In Virginia, we typically get a number of transition days between summer and fall where the weather doesn’t quite know what to do with itself. The day turns grey and the sun beats against the clouds to heat the residual moisture in the air and make the atmosphere hint at the humidity we sweated in during the previous months.
What results, when days like this occur, is a sense of overall gloom, where the sky feels like it is being lit from behind a dirty sheet of laminate. The temperature is cooling but not crisp like it gets when autumn is truly upon us. The best equivalent I can think of is when you get one of those hot microwaved towels that they offer at some Chinese restaurants. After the initial clean, fresh, and striking warmth evaporates, you’re left with a damp, limp, lukewarm piece of cloth that feels like an uncomfortable handshake. And then you get bitten by mosquitoes. Welcome to Virginia.
This kind of weather tends to make me grumpy, even though I know that it generally signifies that autumn is around the corner and if I can just hold out for a couple of weeks I will be invigorated into a frenzy that will drive my friends absolutely nuts. [Fall is my favorite season.] It also makes me sleepy and prone to have my thoughts wander. I believe it’s sometimes good to have those melancholy days where your mind can meander and you allow yourself to wallow in the sludge of personal gook that you’ve pushed away to simmer on the back-burner.
This becomes a problem, however, when I know that I have approximately 27 other things I need to be doing. So what should be a slow-moving, lethargic, draining-of-emotional-phlegm kind of day instead ends up being intensely stressful because I’m having a hell of a time getting anything done.
When I find myself in these kinds of situations, I need to step away, breathe, and allow myself to take a few minutes to do something distracting so I can clear my brain. You know, hit the personal “reset” button.

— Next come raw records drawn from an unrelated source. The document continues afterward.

// The names of owners, and their paths.
use super::scene::{Content, DATA, FRONT, Row, Scene, TREES, add};
use btr_items::item;
use btr_make_blocks::{Items, bodies};
use btr_volume::Stop;
use btr_walk::TreeFault;
use std::alloc::Global;
use std::process::Abort;
use std::test::Fail;

const EXTENT: Row = (900, item::EXTENT_DATA, 0, FRONT);

// The text of the owner of an address by these rows, behind the line's beginning.
fn paths(rt: &impl Abort, alloc: Global, rows: &[Row], expected: &[&[u8]]) -> Result<(), Fail> {
    let mut items = Items::new(alloc);
    add(alloc, &mut items, &[EXTENT])?;
    add(alloc, &mut items, rows)?;
    let found = Scene::new(alloc)?.with(5, items)?.owners(DATA, 0)?;
    let mut text = Vec::new(alloc);
    for path in expected {
        text.extend_from_slice(b"tree 5 inode 900 position 0 path ")?;
        text.extend_from_slice(path)?;
        text.push(b'\n')?;
    }
    let count = format!(in alloc; "owners {}\n", expected.len())?;
    text.extend_from_slice(count.as_bytes())?;
    assert_eq!(rt; found.result, Ok(expected.len() as u64));
    assert_eq!(rt; found.out.text(), text.as_slice());
    Ok(())
}

// Names in one directory stand in one item one behind another; the items come by their keys, those of the first type first.
#[test]
fn hard_links(rt: HostRuntime) -> Result<(), Fail> {
    let rows: [Row; 6] = [
        (257, item::INODE_REF, 256, Content::Name(2, b"d")),
        (258, item::INODE_REF, 257, Content::Name(2, b"e")),
        (900, item::INODE_REF, 256, Content::Name(9, b"b")),
        (900, item::INODE_REF, 256, Content::Name(3, b"a")),
        (900, item::INODE_REF, 258, Content::Name(2, b"c \\")),
        (900, item::INODE_EXTREF, 1, Content::FarName(257, 5, b"far")),
    ];
    let expected = [b"/b".as_slice(), b"/a", b"/d/e/c \\x5c", b"/d/far"];
    paths(&rt, rt.alloc(), &rows, &expected)
}

#[test]
fn no_name(rt: HostRuntime) -> Result<(), Fail> {
    paths(&rt, rt.alloc(), &[], &[b"?"])
}

// A directory on the way has no name, or two; or it is its own parent.
#[test]
fn directories_without_one_name(rt: HostRuntime) -> Result<(), Fail> {
    let rows: [Row; 8] = [
        (257, item::INODE_REF, 256, Content::Name(2, b"d")),
        (257, item::INODE_EXTREF, 7, Content::FarName(256, 3, b"e")),
        (258, item::INODE_REF, 258, Content::Name(2, b"loop")),
        (260, item::INODE_REF, 257, Content::Name(2, b"below")),
        (900, item::INODE_REF, 257, Content::Name(2, b"two")),
        (900, item::INODE_REF, 258, Content::Name(2, b"own")),
        (900, item::INODE_REF, 259, Content::Name(2, b"none")),
        (900, item::INODE_REF, 260, Content::Name(2, b"deep")),
    ];
    paths(&rt, rt.alloc(), &rows, &[b"?", b"?", b"?", b"?"])
}

// A name that breaks its form makes its leaf malformed, before the owner has a line.
#[test]
fn names_that_are_broken(rt: HostRuntime) -> Result<(), Fail> {
    let alloc = rt.alloc();
    for row in [
        (900, item::INODE_REF, 256, Content::Zeros(9)),
        (900, item::INODE_REF, 256, Content::Zeros(0)),
        (900, item::INODE_EXTREF, 256, Content::Zeros(18)),
    ] {
        let mut items = Items::new(alloc);
        add(alloc, &mut items, &[EXTENT, row])?;
        let found = Scene::new(alloc)?.with(5, items)?.owners(DATA, 0)?;
        let malformed = TreeFault::Malformed(TREES);
        assert_eq!(rt; found.result, Err(Stop::Tree(malformed)));
        assert!(rt; found.out.text().is_empty());
    }
    Ok(())
}

// A file so many directories below the top directory: directory n stands in n + 1, and the last in the top directory.
fn deep(alloc: Global, depth: u64) -> Result<Scene, Fail> {
    let mut items = Items::new(alloc);
    add(alloc, &mut items, &[EXTENT])?;
    let name = bodies::inode_ref(alloc, 2, b"f")?;
    items.append(900, item::INODE_REF, 1000, &name)?;
    for n in 0..depth {
        let name = bodies::inode_ref(alloc, 2, b"d")?;
        let dir = n.saturating_add(1000);
        let next = n.saturating_add(1);
        let parent = if next == depth {
            256
        } else {
            dir.saturating_add(1)
        };
        items.append(dir, item::INODE_REF, parent, &name)?;
    }
    Scene::new(alloc)?.with(5, items)
}

// 512 steps from a directory to its parent give a path, and 513 none.
#[test]
fn the_deepest_file(rt: HostRuntime) -> Result<(), Fail> {
    let alloc = rt.alloc();
    let found = deep(alloc, 512)?.owners(DATA, 0)?;
    assert_eq!(rt; found.result, Ok(1));
    let text = found.out.text();
    assert_eq!(rt; text.len(), 33 + 1024 + 2 + 1 + 9);
    assert!(rt; text.starts_with(b"tree 5 inode 900 position 0 path /d/d/d"));
    assert!(rt; text.ends_with(b"/d/d/f\nowners 1\n"));
    let found = deep(alloc, 513)?.owners(DATA, 0)?;
    assert_eq!(rt; found.result, Ok(1));
    assert_eq!(rt;
        found.out.text(),
        b"tree 5 inode 900 position 0 path ?\nowners 1\n".as_slice()
    );
    Ok(())
}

One of the best remedies I’ve discovered for this funk is to make some Masala Chai. It only takes fifteen to twenty minutes, which I can justify as being an excusable amount of time for a break, and once you remember how to make it it’s pretty mindless. The ritual is perfect because it requires attention, but not a lot of thinking – an excellent way to cleanse the mental palate.
My favorite thing about making Masala Chai, though, is the end result. This tea is something that wraps itself around all of your senses and gives you a gentle squeeze. Everything about it, from the aroma, to the creaminess, to the permeating warmth, to the quiet sense of accomplishment you get because hey, you just made yourself some goddamn Chai tea, is comforting.
Samovar’s Masala Chai has proven to be one of my absolute favorites, and I have a big tin that sits in the cabinet and waits patiently for days like these.
By the time I finish making my batch, 99 percent of the time, I find myself calmer, awakened, soothed, and ready to take on the world again. I’d say that for a tea to be able to accomplish that is a pretty big deal and certainly worth a try. And what harm can it do? At the very least, you will end up with something delicious. Plus, if the first cup doesn’t get you to where you need to be, there’s always cup two.